Tomorrow I shall be joining a few fellow Urban Herbologists in de Hortus Botanicus for a spot of afternoon herb tea tasting.  Each week, two of my friends try a different tea using herbs they have freshly harvested from the Hortus – generally clippings.  As a guide, they use recipes from an old tea book.  Being a one-herb-at-a- time kind of person, I am intrigued to try some of their multi herb brews and wonder what other people prefer to taste in their herb teas.  It also makes me wonder about how far packaged tea has moved away from it’s simple origins.
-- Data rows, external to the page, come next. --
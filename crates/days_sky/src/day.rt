// The problems of one day.
ghost use Rattle.std.specs.Prelude.{◌≡◌, length};
ghost use Rattle.cell_judge.specs.Limits.{AreInLimits};
ghost use Rattle.cell_judge.specs.Sines.{AreSinesOf};

use cell_judge::sines_of;
use fixed_interval::Interval;
use method_table::Problem;

/// The problems of a day. Every minute of their frames is within 53,200,000 minutes of 2000-01-01 12:00
/// Universal Time.
#[derive(Clone, Copy)]
pub struct Day {
    pub problems: [Problem; 7],
    /// The sine of each problem's angles.
    pub(crate) sines: [Interval; 7],
    pub ghost counted: { length problems ≡ 7 },
    ghost sines_are: { AreSinesOf problems sines },
    pub ghost limits: { AreInLimits problems },
}

impl Day {
    pub fn new(problems: [Problem; 7]) -> Day
        requires { AreInLimits problems }
        ensures { result.problems ≡ problems }
    {
        let sines = sines_of(&problems);
        Day { problems, sines }
    }
}
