// What is true of the judge of several days, as the contract of a function that does nothing.
ghost use Rattle.days_sky.specs.Days.{DaysHaveTheirOwnTrees};

/// Problem `7 * i + k` of several days has the tree of problem `k` of day `i`'s own sky: the same leaves
/// under its number, the same refuted rank and the same entry.
pub fn days_have_their_own_trees()
    ensures { DaysHaveTheirOwnTrees }
{}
It seems that the tea plant Camellia sinensis prefers to grow at high altitude in tropical conditions although it can  thrive at low altitudes and temperate conditions.  Many Camellia species are grown in such non-native conditions, for their showy flowers and glossy evergreen leaves. Several Camellias grew in my previous Somerset garden, which was quite sheltered and had acidic soil.  They looked amazing in winter. Camellia sinensis will apparently also do well as a balcony pot plant, provided it can be moved indoors during cold periods.  There is an informative  Wiki page outlining the different cultivars available.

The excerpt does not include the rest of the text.